Hi all,
I am having an issue setting up S2S VPN on our new ASA 5506 model. When I try to add the vpn via the wizard, I get an error if I choose "inside" on the NAT exempt page. The error is below.
VPN and AnyConnect
[OK] access-list outside_cryptomap line 1 extended permit ip object Subnet_3 object-group Head_Office_Group
[OK] group-policy GroupPolicy_X.X.X.X attributes
group-policy GroupPolicy_X.X.X.X attributes
[ERROR] no split-tunnel-all-dns
Command failed
[OK] exit
[OK] tunnel-group X.X.X.X ipsec-attributes
tunnel-group X.X.X.X ipsec-attributes
[OK] ikev2 local-authentication pre-shared-key **********
[OK] ikev2 remote-authentication pre-shared-key **********
[OK] crypto map outside_map 4 match address outside_cryptomap
[OK] clear configure access-list outside_cryptomap_4
[ERROR] nat (inside,outside) 5 source static Subnet_3 Subnet_3 destination static Head_Office_Group Head_Office_Group no-proxy-arp route-lookup
nat (inside,outside) 5 source static Subnet_3 Subnet_3 destinati ^on static Head_Office_Group Head_Office_Group no-proxy-arp route-lookup
ERROR: % Invalid input detected at '^' marker.

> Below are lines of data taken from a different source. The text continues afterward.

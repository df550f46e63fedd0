//! The steps of a worker.

ghost use Rattle.std.specs.Prelude.{◌≡◌, ℕ, ◌+◌, ◌<◌, ◌≤◌, true, false, IfOk, IfSome, OnOk};
ghost use Rattle.nr_overlap.specs.Serial.{with_list};
ghost use Rattle.nr_exchange.specs.Plan.{plan_of};
ghost use Rattle.nr_exchange.specs.Notes.{link};
ghost use Rattle.nr_exchange.specs.Ports.{IsPortOf};
ghost use Rattle.nr_exchange.specs.SerialPlan.{serial_plan};
ghost use Rattle.nr_workers.specs.Stages.{IsWorkerAt, IsWorker, number_after};
ghost use Rattle.nr_workers.specs.declared.steps.Took.TheVariants.{All};
ghost use Rattle.nr_workers.specs.declared.worker.Stage.TheVariants.{Idle, Opened, Sealed, Ended};

use crate::gate::{Gate, Moment};
use crate::inbox::Found;
use crate::left::Left;
use crate::worker::{Stage, Worker};
use nr_bytes::List;
use nr_exchange::{Exchange, Port, Serial};
use nr_ids::Height;
use nr_overlap::Phases;
use std::alloc::{AllocError, Global};
use std::mem;

/// What a turn came to.
#[derive(Clone, Copy, Debug, PartialEq, Eq)]
pub(crate) enum Turn {
    /// The worker made a step.
    Moved,
    /// The next list isn't there yet, or there is no room for one.
    Waits,
    /// There is nothing more to do.
    Done,
    /// The worker gave up.
    Failed,
}

/// What a try to take the next list came to.
#[derive(Clone, Copy, Debug, PartialEq, Eq)]
enum Took {
    /// It is taken, or its source has no chunk.
    One,
    /// It isn't published yet.
    Waits,
    /// All are taken.
    All,
}

/// Goes past a height without a chunk. The world stays in hand.
fn skip_next<P: Phases>(
    phases: &P,
    exchange: &Exchange<Serial<P>>,
    worker: &mut Worker<P>,
    world: &P::World,
)
    requires run { phases.now ≡ exchange.now.run.0 }
    requires at { IsWorkerAt P.rules exchange.now worker.old (Idle world.now) }
    requires below { worker.old.height < (P.rules exchange.now.run.0).heights }
    requires missing { (P.rules exchange.now.run.0).present worker.old.shard.0 (worker.old.height + 1) ≡ false }
    ensures shard { worker.new.shard ≡ worker.old.shard }
    ensures at { IsWorkerAt P.rules exchange.now worker.new (Idle world.now) }
{
    let _world = world;
    let _heights = phases.heights();
    worker.inbox.port.skip(exchange, Height(worker.height + 1));
    worker.height += 1;
}

/// Opens the next chunk.
fn open_next<P: Phases, G: Gate>(
    alloc: Global,
    phases: &P,
    exchange: &Exchange<Serial<P>>,
    gate: &G,
    worker: &mut Worker<P>,
    world: P::World,
) -> Result<(), AllocError>
    requires run { phases.now ≡ exchange.now.run.0 }
    requires at { IsWorkerAt P.rules exchange.now worker.old (Idle world) }
    requires below { worker.old.height < (P.rules exchange.now.run.0).heights }
    requires there { (P.rules exchange.now.run.0).present worker.old.shard.0 (worker.old.height + 1) ≡ true }
    ensures shard { worker.new.shard ≡ worker.old.shard }
    ensures at { OnOk result (IsWorkerAt P.rules exchange.now worker.new worker.new.stage) }
    ensures port { IsPortOf (serial_plan P.rules) exchange.now worker.new.inbox.port }
{
    let _shards = phases.shards();
    let _heights = phases.heights();
    let height = Height(worker.height + 1);
    gate.pass(worker.shard, height, Moment::BeforeOpen);
    let working = phases.open_chunk(alloc, worker.shard, height, world)?;
    worker.stage = Stage::Opened(working);
    Ok(())
}

/// Comes to the end behind the last height.
fn end_next<P: Phases>(
    alloc: Global,
    phases: &P,
    exchange: &Exchange<Serial<P>>,
    worker: &mut Worker<P>,
    world: P::World,
) -> Result<(), AllocError>
    requires run { phases.now ≡ exchange.now.run.0 }
    requires at { IsWorkerAt P.rules exchange.now worker.old (Idle world) }
    requires last { worker.old.height ≡ (P.rules exchange.now.run.0).heights }
    ensures shard { worker.new.shard ≡ worker.old.shard }
    ensures at { OnOk result (IsWorkerAt P.rules exchange.now worker.new worker.new.stage) }
    ensures port { IsPortOf (serial_plan P.rules) exchange.now worker.new.inbox.port }
{
    let _exchange = exchange;
    let left = Left::new(alloc, phases.shards())?;
    worker.stage = Stage::Ended(world, left);
    Ok(())
}

/// Gives a list to the chunk, if there is one.
fn give<P: Phases>(
    alloc: Global,
    phases: &P,
    working: &mut P::Working,
    list: Option<P::Parcel>,
) -> Result<(), AllocError>
    requires list { IfSome list (λ l. P.can_take phases.now working.old l) }
    ensures { OnOk result (working.new ≡ with_list (P.rules phases.now) working.old list) }
{
    match list {
        Some(list) => phases.take_list(alloc, working, list),
        None => Ok(()),
    }
}

/// Seals the chunk.
fn seal_next<P: Phases, G: Gate>(
    alloc: Global,
    phases: &P,
    exchange: &Exchange<Serial<P>>,
    gate: &G,
    worker: &mut Worker<P>,
    working: P::Working,
) -> Result<(), AllocError>
    requires run { phases.now ≡ exchange.now.run.0 }
    requires at { IsWorkerAt P.rules exchange.now worker.old (Opened working) }
    requires all { worker.old.height ≤ worker.old.inbox.done }
    ensures shard { worker.new.shard ≡ worker.old.shard }
    ensures at { OnOk result (IsWorkerAt P.rules exchange.now worker.new worker.new.stage) }
    ensures port { IsPortOf (serial_plan P.rules) exchange.now worker.new.inbox.port }
{
    let _exchange = exchange;
    let _shards = phases.shards();
    let _heights = phases.heights();
    let (world, report, lists) = phases.seal_chunk(alloc, working)?;
    worker.reports.push(report)?;
    gate.pass(worker.shard, Height(worker.height + 1), Moment::AfterSeal);
    worker.stage = Stage::Sealed(world, lists);
    Ok(())
}

/// Tries to publish lists. Where a link has no room they come back. A run that the destination of such a link has
/// abandoned is as good as want of memory.
fn publish<P: Phases>(
    exchange: &Exchange<Serial<P>>,
    port: &mut Port<Serial<P>>,
    height: Height,
    lists: List<P::Parcel>,
) -> Result<Option<List<P::Parcel>>, AllocError>
    requires port { IsPortOf (serial_plan P.rules) exchange.now port.old }
    requires next { height.0 ≡ port.old.note.number + 1 }
    requires last { height.0 ≤ (P.rules exchange.now.run.0).heights }
    requires there { (P.rules exchange.now.run.0).present port.old.note.shard height.0 ≡ true }
    requires lists { lists ≡ (plan_of (P.rules exchange.now.run.0)).lists port.old.note.shard height.0 }
    ensures port { IsPortOf (serial_plan P.rules) exchange.now port.new }
    ensures shard { port.new.note.shard ≡ port.old.note.shard }
    ensures number { IfOk result (λ back. port.new.note.number ≡ number_after back port.old.note.number) }
    ensures lists { IfOk result (λ back. IfSome back (λ same. same ≡ lists)) }
    ensures claims { (t : ℕ) → (link port.new.note t).claimed ≡ (link port.old.note t).claimed }
{
    match port.publish(exchange, height, lists) {
        Ok(()) => Ok(None),
        Err(full) => {
            if port.has_abandoned(exchange, full.dest) {
                return Err(AllocError);
            }
            Ok(Some(full.lists))
        }
    }
}

/// Tries to publish the lists of the chunk that is sealed.
fn sealed_turn<P: Phases, G: Gate>(
    phases: &P,
    exchange: &Exchange<Serial<P>>,
    gate: &G,
    worker: &mut Worker<P>,
    world: P::World,
    lists: List<P::Parcel>,
) -> Result<Turn, AllocError>
    requires run { phases.now ≡ exchange.now.run.0 }
    requires at { IsWorkerAt P.rules exchange.now worker.old (Sealed world lists) }
    ensures shard { worker.new.shard ≡ worker.old.shard }
    ensures at { OnOk result (IsWorkerAt P.rules exchange.now worker.new worker.new.stage) }
    ensures port { IsPortOf (serial_plan P.rules) exchange.now worker.new.inbox.port }
{
    let _heights = phases.heights();
    let height = Height(worker.height + 1);
    match publish(exchange, &mut worker.inbox.port, height, lists)? {
        Some(lists) => {
            worker.stage = Stage::Sealed(world, lists);
            Ok(Turn::Waits)
        }
        None => {
            gate.pass(worker.shard, height, Moment::AfterPublish);
            worker.height += 1;
            worker.stage = Stage::Idle(world);
            Ok(Turn::Moved)
        }
    }
}

/// Tries to take the next list into the chunk.
fn take_one<P: Phases>(
    alloc: Global,
    phases: &P,
    exchange: &Exchange<Serial<P>>,
    worker: &mut Worker<P>,
    working: &mut P::Working,
) -> Result<Took, AllocError>
    requires run { phases.now ≡ exchange.now.run.0 }
    requires at { IsWorkerAt P.rules exchange.now worker.old (Opened working.old) }
    ensures shard { worker.new.shard ≡ worker.old.shard }
    ensures at { OnOk result (IsWorkerAt P.rules exchange.now worker.new (Opened working.new)) }
    ensures all { IfOk result (λ took. took ≡ All → worker.new.height ≤ worker.new.inbox.done) }
    ensures port { IsPortOf (serial_plan P.rules) exchange.now worker.new.inbox.port }
{
    let _shards = phases.shards();
    match worker.inbox.take_next(phases, exchange, worker.height)? {
        Found::Passed(list) => {
            give(alloc, phases, working, list)?;
            Ok(Took::One)
        }
        Found::Waits => Ok(Took::Waits),
        Found::All => Ok(Took::All),
    }
}

/// Takes the next lists into the chunk, as far as they are there and up to so many, and seals it when all are taken.
fn opened_turn<P: Phases, G: Gate>(
    alloc: Global,
    phases: &P,
    exchange: &Exchange<Serial<P>>,
    gate: &G,
    steps: u32,
    worker: &mut Worker<P>,
    mut working: P::Working,
) -> Result<Turn, AllocError>
    requires run { phases.now ≡ exchange.now.run.0 }
    requires at { IsWorkerAt P.rules exchange.now worker.old (Opened working) }
    ensures shard { worker.new.shard ≡ worker.old.shard }
    ensures at { OnOk result (IsWorkerAt P.rules exchange.now worker.new worker.new.stage) }
    ensures port { IsPortOf (serial_plan P.rules) exchange.now worker.new.inbox.port }
{
    for _step in 0..steps {
        match take_one(alloc, phases, exchange, worker, &mut working)? {
            Took::One => {}
            Took::Waits => {
                worker.stage = Stage::Opened(working);
                return Ok(Turn::Waits);
            }
            Took::All => {
                seal_next(alloc, phases, exchange, gate, worker, working)?;
                return Ok(Turn::Moved);
            }
        }
    }
    worker.stage = Stage::Opened(working);
    Ok(Turn::Moved)
}

/// Tries to take the next list that no chunk takes.
fn keep_one<P: Phases>(
    phases: &P,
    exchange: &Exchange<Serial<P>>,
    worker: &mut Worker<P>,
    world: &P::World,
    left: &mut Left<P::Parcel>,
) -> Result<Took, AllocError>
    requires run { phases.now ≡ exchange.now.run.0 }
    requires at { IsWorkerAt P.rules exchange.now worker.old (Ended world.now left.old) }
    ensures shard { worker.new.shard ≡ worker.old.shard }
    ensures at { OnOk result (IsWorkerAt P.rules exchange.now worker.new (Ended world.now left.new)) }
    ensures port { IsPortOf (serial_plan P.rules) exchange.now worker.new.inbox.port }
{
    let _world = world;
    let source = worker.inbox.source;
    let done = worker.inbox.done;
    match worker.inbox.take_next(phases, exchange, worker.height)? {
        Found::Passed(Some(list)) => {
            left.push(source, done + 1, list)?;
            Ok(Took::One)
        }
        Found::Passed(None) => Ok(Took::One),
        Found::Waits => Ok(Took::Waits),
        Found::All => Ok(Took::All),
    }
}

/// Takes the next lists that no chunk takes, as far as they are there and up to so many.
fn ended_turn<P: Phases>(
    phases: &P,
    exchange: &Exchange<Serial<P>>,
    steps: u32,
    worker: &mut Worker<P>,
    world: P::World,
    mut left: Left<P::Parcel>,
) -> Result<Turn, AllocError>
    requires run { phases.now ≡ exchange.now.run.0 }
    requires at { IsWorkerAt P.rules exchange.now worker.old (Ended world left) }
    ensures shard { worker.new.shard ≡ worker.old.shard }
    ensures at { OnOk result (IsWorkerAt P.rules exchange.now worker.new worker.new.stage) }
    ensures port { IsPortOf (serial_plan P.rules) exchange.now worker.new.inbox.port }
{
    for _step in 0..steps {
        match keep_one(phases, exchange, worker, &world, &mut left)? {
            Took::One => {}
            Took::Waits => {
                worker.stage = Stage::Ended(world, left);
                return Ok(Turn::Waits);
            }
            Took::All => {
                worker.stage = Stage::Ended(world, left);
                return Ok(Turn::Done);
            }
        }
    }
    worker.stage = Stage::Ended(world, left);
    Ok(Turn::Moved)
}

/// Goes past heights without a chunk, up to so many, and opens the next chunk.
fn idle_turn<P: Phases, G: Gate>(
    alloc: Global,
    phases: &P,
    exchange: &Exchange<Serial<P>>,
    gate: &G,
    steps: u32,
    worker: &mut Worker<P>,
    world: P::World,
) -> Result<Turn, AllocError>
    requires run { phases.now ≡ exchange.now.run.0 }
    requires at { IsWorkerAt P.rules exchange.now worker.old (Idle world) }
    ensures shard { worker.new.shard ≡ worker.old.shard }
    ensures at { OnOk result (IsWorkerAt P.rules exchange.now worker.new worker.new.stage) }
    ensures port { IsPortOf (serial_plan P.rules) exchange.now worker.new.inbox.port }
{
    for _step in 0..steps {
        if worker.height >= phases.heights() {
            end_next(alloc, phases, exchange, worker, world)?;
            return Ok(Turn::Moved);
        }
        if phases.present(worker.shard, Height(worker.height + 1)) {
            open_next(alloc, phases, exchange, gate, worker, world)?;
            return Ok(Turn::Moved);
        }
        skip_next(phases, exchange, worker, &world);
    }
    worker.stage = Stage::Idle(world);
    Ok(Turn::Moved)
}

fn try_turn<P: Phases, G: Gate>(
    alloc: Global,
    phases: &P,
    exchange: &Exchange<Serial<P>>,
    gate: &G,
    steps: u32,
    worker: &mut Worker<P>,
) -> Result<Turn, AllocError>
    requires run { phases.now ≡ exchange.now.run.0 }
    requires sound { IsWorker P.rules exchange.now worker.old }
    ensures shard { worker.new.shard ≡ worker.old.shard }
    ensures at { OnOk result (IsWorkerAt P.rules exchange.now worker.new worker.new.stage) }
    ensures port { IsPortOf (serial_plan P.rules) exchange.now worker.new.inbox.port }
{
    match mem::replace(&mut worker.stage, Stage::Lost) {
        Stage::Idle(world) => idle_turn(alloc, phases, exchange, gate, steps, worker, world),
        Stage::Opened(working) => {
            opened_turn(alloc, phases, exchange, gate, steps, worker, working)
        }
        Stage::Sealed(world, lists) => { sealed_turn(phases, exchange, gate, worker, world, lists) }
        Stage::Ended(world, left) => ended_turn(phases, exchange, steps, worker, world, left),
        Stage::Lost => Err(AllocError),
    }
}

/// Makes the next steps of a worker, up to so many. Where memory is wanting, or a source of a list or the shard at
/// the end of a link without room has abandoned the run, the worker abandons it too.
pub(crate) fn make_turn<P: Phases, G: Gate>(
    alloc: Global,
    phases: &P,
    exchange: &Exchange<Serial<P>>,
    gate: &G,
    steps: u32,
    worker: &mut Worker<P>,
) -> Turn
    requires run { phases.now ≡ exchange.now.run.0 }
    requires sound { IsWorker P.rules exchange.now worker.old }
    ensures sound { IsWorker P.rules exchange.now worker.new }
    ensures shard { worker.new.shard ≡ worker.old.shard }
{
    match try_turn(alloc, phases, exchange, gate, steps, worker) {
        Ok(turn) => turn,
        Err(_) => {
            worker.stage = Stage::Lost;
            worker.inbox.port.abandon(exchange);
            Turn::Failed
        }
    }
}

However, if I choose for example "inside1" or "inside2", the wizard will complete but I can only vpn to that interface.
Our service providers set up the firewall initially and I have noticed that our other two firewalls that use S2S vpn without issue (both ASA 5505's) are set up in the interface area as a VLAN. This ASA 5506 has been set up as a Bridge Group. So on the 5505 we just have an inside and an outside. This 5506 has an inside, an outside, and then inside1, inside2, inside3, etc.
I'm not sure how to resolve this. Do I need to re-setup the firewall from scratch using the VLAN option (I can't see a way to change from bridge group to VLAN so not sure if this is even possible on this model). Or is there some other way to get the S2S working so that I can connect to all insideX interfaces?
Thanks in advance for any guidance that you can provide!